No one in Hamdy’s family had ever met this girl or her family, but you would never know it. Everyone mingled instantly, kids with kids, women with women and men with men. The future bride would come later. Now it was time to eat. The food was plentiful, tasty and kept coming long after appetites left the building. Fried chicken, beef stew, kofta (finger shaped pieces of grilled ground lamb), bread, rice, soft drinks and salad. Twelve of us sat at a table in one small room. When we finished, another 12 took our seats.

Waiter at coffee shop in Alexandria
Waiter at coffee shop in Alexandria

After dinner, several of us went back downstairs to the coffee shop next door for tea and sheesha. This is a crowded section of the city, a forest of high rises with businesses on the first floor, a coffee shop next to a car repair shop with someone washing cars on the muddy street, vegetable vendors, kids playing and lots of traffic inching through the neighborhood’s narrow dirt roads.

As we sat for our short respite in the coffee shop, we suddenly heard a chorus of horns and screams of delight as the future bride arrived. She emerged from a car dressed in red and makeup near kibuki in proportions. Someday we will see what she really looks like, most likely after they are married. An entourage arrived with her in several cars and the procession then started upstairs to the party.

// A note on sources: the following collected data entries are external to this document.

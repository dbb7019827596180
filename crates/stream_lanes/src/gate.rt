/// What a worker passes before it goes on. No claim rests on it: tests use it to show that workers meet.
pub trait Gate: Sync {
    /// A source passes with its stream and the number of the packet that it puts next. A drain passes with 32,768 more
    /// than its stream, and the fabric with 65,533, each with the number of the round.
    fn pass(&self, stream: u16, number: u64);
}

/// A gate that lets everybody pass.
#[derive(Clone, Copy, Debug)]
pub struct FreeGate;

impl Gate for FreeGate {
    fn pass(&self, _stream: u16, _number: u64) {}
}
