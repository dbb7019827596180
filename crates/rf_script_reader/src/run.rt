//! The commands run, twin and duplex.
ghost use Rattle.std.specs.Prelude.{◌≡◌, IfOk, IfErr, Ok, Err};
ghost use Rattle.rf_script_parts.specs.Value.{IsFault};
ghost use Rattle.rf_script_reader.specs.Run.{run, twin, duplex};
ghost use Rattle.serde_json.specs.View.{view};

use crate::acts::acts;
use rf_script_parts::lose::{Sorts, lose};
use rf_script_parts::others::only;
use rf_script_parts::scope::number_field;
use rf_script_parts::value::{flag, number};
use rf_script_parts::wrong::Wrong;
use rf_script_types::{CUT, Field, HOST, SEED, ScriptCommand};
use serde_json::Value;
use std::alloc::Global;

#[tactic(auto, unfolding(crate::specs::Run::run))]
pub(crate) fn run(alloc: Global, version: u8, command: &Value) -> Result<ScriptCommand, Wrong>
    ensures ok { IfOk result (λ made. run version (view command.now) ≡ Ok made) }
    ensures err { IfErr result (λ e. IsFault e → run version (view command.now) ≡ Err e) }
{
    let seed = number(SEED, command)?;
    let trace = flag(Field::Trace, false, command)?;
    let peak = flag(Field::Peak, false, command)?;
    let lose = lose(alloc, version, Sorts::Stream, command)?;
    only(
        alloc,
        &[
            Field::Do,
            Field::Seed,
            Field::Trace,
            Field::Peak,
            Field::Lose,
        ],
        command,
    )?;
    Ok(ScriptCommand::Run {
        seed,
        trace,
        peak,
        lose,
    })
}

#[tactic(auto, unfolding(crate::specs::Run::twin))]
pub(crate) fn twin(alloc: Global, version: u8, command: &Value) -> Result<ScriptCommand, Wrong>
    ensures ok { IfOk result (λ made. twin version (view command.now) ≡ Ok made) }
    ensures err { IfErr result (λ e. IsFault e → twin version (view command.now) ≡ Err e) }
{
    let cut = number(CUT, command)?;
    let peak = flag(Field::Peak, false, command)?;
    let lose = lose(alloc, version, Sorts::Stream, command)?;
    only(
        alloc,
        &[Field::Do, Field::Cut, Field::Peak, Field::Lose],
        command,
    )?;
    Ok(ScriptCommand::Twin {
        cut: cut as u16,
        peak,
        lose,
    })
}

#[tactic(auto, unfolding(crate::specs::Run::duplex))]
pub(crate) fn duplex(alloc: Global, version: u8, command: &Value) -> Result<ScriptCommand, Wrong>
    ensures ok { IfOk result (λ made. duplex version (view command.now) ≡ Ok made) }
    ensures err { IfErr result (λ e. IsFault e → duplex version (view command.now) ≡ Err e) }
{
    let host = number_field(HOST, command)?;
    let acts = acts(alloc, host, command)?;
    let seed = number(SEED, command)?;
    let peak = flag(Field::Peak, false, command)?;
    let lose = lose(alloc, version, Sorts::Any, command)?;
    only(
        alloc,
        &[
            Field::Do,
            Field::Host,
            Field::Acts,
            Field::Seed,
            Field::Peak,
            Field::Lose,
        ],
        command,
    )?;
    Ok(ScriptCommand::Duplex {
        host,
        acts,
        seed,
        peak,
        lose,
    })
}
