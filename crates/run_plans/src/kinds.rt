ghost use Rattle.std.specs.Prelude.{◌≡◌, ◌↔◌, ◌<◌, ◌||◌, IsTrue};
ghost use Rattle.net_machine.specs.CanBegin.{factor_of, passed_input};
ghost use Rattle.net_machine.specs.Plans.{is_among, is_rx, is_tx};
ghost use Rattle.run_plans.specs.Firsts.{EachPlace};

use block_library::BlockKind;
use chdr_words::Epid;

/// Whether blocks of the kind make packets by themselves.
pub(crate) fn is_tx(kind: BlockKind) -> bool
    ensures { result ≡ is_tx kind }
{
    match kind {
        BlockKind::Tx => true,
        BlockKind::Rx | BlockKind::Fifo | BlockKind::Split | BlockKind::Sink => false,
        BlockKind::Keep(_) | BlockKind::Repeat(_) | BlockKind::Replay(_) => false,
        BlockKind::Switch(_) => false,
    }
}

/// Whether the packets that come to blocks of the kind are taken outside the network.
fn is_rx(kind: BlockKind) -> bool
    ensures { result ≡ is_rx kind }
{
    match kind {
        BlockKind::Rx => true,
        BlockKind::Tx | BlockKind::Fifo | BlockKind::Split | BlockKind::Sink => false,
        BlockKind::Keep(_) | BlockKind::Repeat(_) | BlockKind::Replay(_) => false,
        BlockKind::Switch(_) => false,
    }
}

/// Whether blocks of the kind stand at hosts; those of every other kind stand at endpoints.
pub(crate) fn is_on_host(kind: BlockKind) -> bool
    ensures { result ≡ (is_tx kind || is_rx kind) }
{
    is_tx(kind) || is_rx(kind)
}

/// How often a kind gives what it takes.
pub(crate) fn factor_of(kind: BlockKind) -> u16
    ensures { result ≡ factor_of kind }
{
    match kind {
        BlockKind::Repeat(n) | BlockKind::Replay(n) => n,
        BlockKind::Tx | BlockKind::Rx | BlockKind::Fifo | BlockKind::Split | BlockKind::Sink => 1,
        BlockKind::Keep(_) | BlockKind::Switch(_) => 1,
    }
}

/// The input whose packets a kind gives.
pub(crate) fn passed_input(kind: BlockKind) -> u16
    ensures { result ≡ passed_input kind }
{
    match kind {
        BlockKind::Switch(n) => n,
        BlockKind::Tx | BlockKind::Rx | BlockKind::Fifo | BlockKind::Split | BlockKind::Sink => 0,
        BlockKind::Keep(_) | BlockKind::Repeat(_) | BlockKind::Replay(_) => 0,
    }
}

/// Whether the EPID is one of these.
pub(crate) fn is_among(epid: Epid, epids: &[Epid]) -> bool
    ensures { result ≡ is_among epid epids.now }
{
    epids.iter().any(|one| one.0 == epid.0)
}

/// Whether each of these EPIDs can be a node's.
pub(crate) fn are_names(epids: &[Epid]) -> bool
    ensures { IsTrue result ↔ EachPlace (λ _ epid. 0 < epid.0) epids.now }
{
    epids.iter().all(|epid| epid.0 > 0)
}
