ghost use Rattle.std.specs.Prelude.{◌≡◌, Ok, OnOk};
ghost use Rattle.std.specs.List.{All, list_any};
ghost use Rattle.stream_lanes.specs.Sides.{DrainSide, SourceSide};
ghost use Rattle.stream_lanes.specs.Working.{AllEnded, EachEmpties, EachFills, Empties, Fills, any_moved};

use crate::{Drain, Gate, Source};
use rf_base::Memory;
use std::alloc::Global;
use std::thread;
use std::thread::{Threads, join_mut};

/// The workers at the edges of a run: one for each stream that a Tx fills, and one for each stream to an Rx.
#[derive(Drop)]
pub struct Edges<'a> {
    pub sources: Vec<Source<'a>>,
    pub drains: Vec<Drain<'a>>,
}

impl Edges<'_> {
    /// One round of all of them at once, each on a thread of its own.
    #[tactic(auto, using(crate::proofs::Lists::kept))]
    pub fn work<R: Threads + Sync, G: Gate>(&mut self, rt: &R, alloc: Global, gate: &G)
        ensures fills { EachFills self.old.sources.items self.new.sources.items }
        ensures empties { EachEmpties self.old.drains.items self.new.drains.items }
    {
        both(
            rt,
            alloc,
            gate,
            self.sources.as_mut_slice(),
            self.drains.as_mut_slice(),
        );
    }

    /// How the last round went: well if it went well for each of them.
    pub fn ended(&self) -> Result<(), Memory>
        ensures { OnOk result (AllEnded self.now.sources.items self.now.drains.items) }
    {
        sources_ended(&self.sources)?;
        drains_ended(&self.drains)
    }

    /// Whether any of them put or took a packet in the last round.
    pub fn moved(&self) -> bool
        ensures { result ≡ any_moved self.now.sources.items self.now.drains.items }
    {
        any_put(&self.sources) || any_taken(&self.drains)
    }
}

/// Whether any packet was put in the last round.
fn any_put(sources: &[Source<'_>]) -> bool
    ensures { result ≡ list_any (λ (x : SourceSide). x.moved) sources.now }
{
    sources.iter().any(|source| source.moved())
}

/// Whether any packet was taken in the last round.
fn any_taken(drains: &[Drain<'_>]) -> bool
    ensures { result ≡ list_any (λ (x : DrainSide). x.moved) drains.now }
{
    drains.iter().any(|drain| drain.moved())
}

/// How the last round went for the sources.
fn sources_ended(sources: &[Source<'_>]) -> Result<(), Memory>
    ensures { OnOk result (All (λ (x : SourceSide). x.ended ≡ Ok tt) sources.now) }
{
    for source in sources {
        source.ended()?;
    }
    Ok(())
}

/// How the last round went for the drains.
fn drains_ended(drains: &[Drain<'_>]) -> Result<(), Memory>
    ensures { OnOk result (All (λ (x : DrainSide). x.ended ≡ Ok tt) drains.now) }
{
    for drain in drains {
        drain.ended()?;
    }
    Ok(())
}

/// All sources and all drains at once.
fn both<R: Threads + Sync, G: Gate>(
    rt: &R,
    alloc: Global,
    gate: &G,
    sources: &mut [Source<'_>],
    drains: &mut [Drain<'_>],
)
    ensures fills { EachFills sources.old sources.new }
    ensures empties { EachEmpties drains.old drains.new }
{
    join_mut(
        rt,
        &mut ||
            ensures { EachFills sources.entry.now sources.exit.now }
        { fill_each(rt, alloc, gate, sources) },
        &mut ||
            ensures { EachEmpties drains.entry.now drains.exit.now }
        { empty_each(rt, gate, drains) },
    );
}

/// All sources at once.
fn fill_each<R: Threads + Sync, G: Gate>(
    rt: &R,
    alloc: Global,
    gate: &G,
    sources: &mut [Source<'_>],
)
    ensures { EachFills sources.old sources.new }
{
    let threads = sources.len().max(1);
    thread::for_each_mut(
        rt,
        sources,
        threads,
        &|_: usize, source: &mut Source<'_>|
            ensures { Fills source.old source.new }
        { source.work(alloc, gate) },
    );
}

/// All drains at once.
fn empty_each<R: Threads + Sync, G: Gate>(rt: &R, gate: &G, drains: &mut [Drain<'_>])
    ensures { EachEmpties drains.old drains.new }
{
    let threads = drains.len().max(1);
    thread::for_each_mut(
        rt,
        drains,
        threads,
        &|_: usize, drain: &mut Drain<'_>|
            ensures { Empties drain.old drain.new }
        { drain.work(gate) },
    );
}
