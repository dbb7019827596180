//! A script from bytes.
ghost use Rattle.std.specs.Prelude.{◌≡◌, ◌≢◌, Err};
ghost use Rattle.rf_script_reader.specs.Read.{IsScriptOf};

use crate::commands::script_of;
use rf_script_types::{SCRIPT_LIMIT, Script, ScriptFault};
use serde_json::Value;
use std::alloc::Global;

/// The script that the bytes are, or why they are none; docs/script-language.md has the language.
///
/// The result is exact, unless memory runs out.
pub fn read_script(alloc: Global, bytes: &[u8]) -> Result<Script, ScriptFault>
    ensures { result ≢ Err ScriptFault.Memory → IsScriptOf bytes.now result }
{
    if bytes.len() > SCRIPT_LIMIT {
        return Err(ScriptFault::TooLong);
    }
    match Value::from_slice(alloc, bytes) {
        Ok(value) => script_of(alloc, &value),
        Err(error) => if error.is_memory() {
            Err(ScriptFault::Memory)
        } else {
            Err(ScriptFault::Syntax)
        },
    }
}
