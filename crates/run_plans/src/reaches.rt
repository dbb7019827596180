use chdr_words::Epid;

/// The tables of a network's nodes, as far as they lead packets.
pub trait Reaches {
    ghost use Rattle.std.specs.Prelude.{◌↔◌, IsTrue, List};
    ghost use Rattle.net_machine.specs.Nodes.{exits_of};
    ghost use Rattle.net_machine.specs.State.{Node};
    ghost use Rattle.net_topology.specs.Leads.{Leads};
    ghost use Rattle.net_topology.specs.declared.plan.Plan.{Plan};

    /// The network.
    ghost tree: { Self → Plan };

    /// Its nodes.
    ghost nodes: { Self → List Node };

    /// Whether a packet from the node of EPID `a` comes by the tables to that of EPID `b`.
    fn reaches(&self, a: Epid, b: Epid) -> bool
        ensures { IsTrue result ↔ Leads (tree self.now) (exits_of (nodes self.now)) a b };
}
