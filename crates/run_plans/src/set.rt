ghost use Rattle.std.specs.Prelude.{◌≡◌, ◌↔◌, Err, OnOk, OnErr};
ghost use Rattle.graph_core.specs.State.{HasNoPort, with_user};
ghost use Rattle.run_plans.specs.Layouts.{FitsValue, IsLayout};

use crate::Layout;
use graph_core::{Graph, PropAt, SetFault};

impl Layout {
    /// Sets the user's value of a property, as the graph does; the layout stays one of the graph.
    pub fn set(&self, graph: &mut Graph, at: PropAt, value: u64) -> Result<(), SetFault>
        requires layout { IsLayout graph.old.diagram self.now }
        requires value { FitsValue at.prop value }
        ensures absent { (result ≡ Err SetFault.NoProperty) ↔ HasNoPort graph.old at }
        ensures ok { OnOk result (graph.new ≡ with_user graph.old at value) }
        ensures kept { IsLayout graph.new.diagram self.now }
        ensures err { OnErr result (graph.new ≡ graph.old) }
    {
        let _ = &self.blocks;
        graph.set(at, value)
    }
}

My first thought was whether  the sixth floor can hold up under the weight of all these people.

Once inside, it was like a party at Studio 54. You either danced or swayed to painfully loud music provided by a young man sitting at his computer, a “floppy disc” jockey if you will. Trays of pastries and cake were then brought in. the betrothed couple sat together at the front of the room as guests congratulated them and danced in front of them. Of course, men and women don’t dance together here. So first the women danced, then the men. I have attended these parties almost every time I visited Egypt and danced every time, but this room was so crowded I felt my dancing would probably knock half of them over.

Happy couple in cramped party
Happy couple in cramped party

After two hours we decided to head home. After getting lost in Alexandria traffic, we finally made it to the highway and then repeated the experience of driving up there, only this time in the dark. Darkness provides a new challenge – many people drive without their lights on, using them only to flash a warning instead of using the car horn. We walked in the door after 11pm, 11 hours on the trip, all but about two of them in the car dodging traffic.

Oh, I forgot one other detail. Two years ago, when the Arab Spring revolution began in Egypt, a number of protestors died in clashes with the police. With Mubarak gone and no experienced government to replace him, the police became targets of the citizens’ ire. A cop directing traffic would either be ignored, cursed upon or targeted by angered Egyptians. Traffic police are not armed in this country and they asked for guns to protect themselves from the public. The government refused with good reason. None of these traffic cops were trained with weapons and any accidental shootings could spark another revolution. So without arms, the police refused to direct traffic. Thus, wherever you drive in Egypt these days, you do not see a single policeman, not in Cairo, not in Alexandria and certainly not on the highway between Cairo and Alexandria.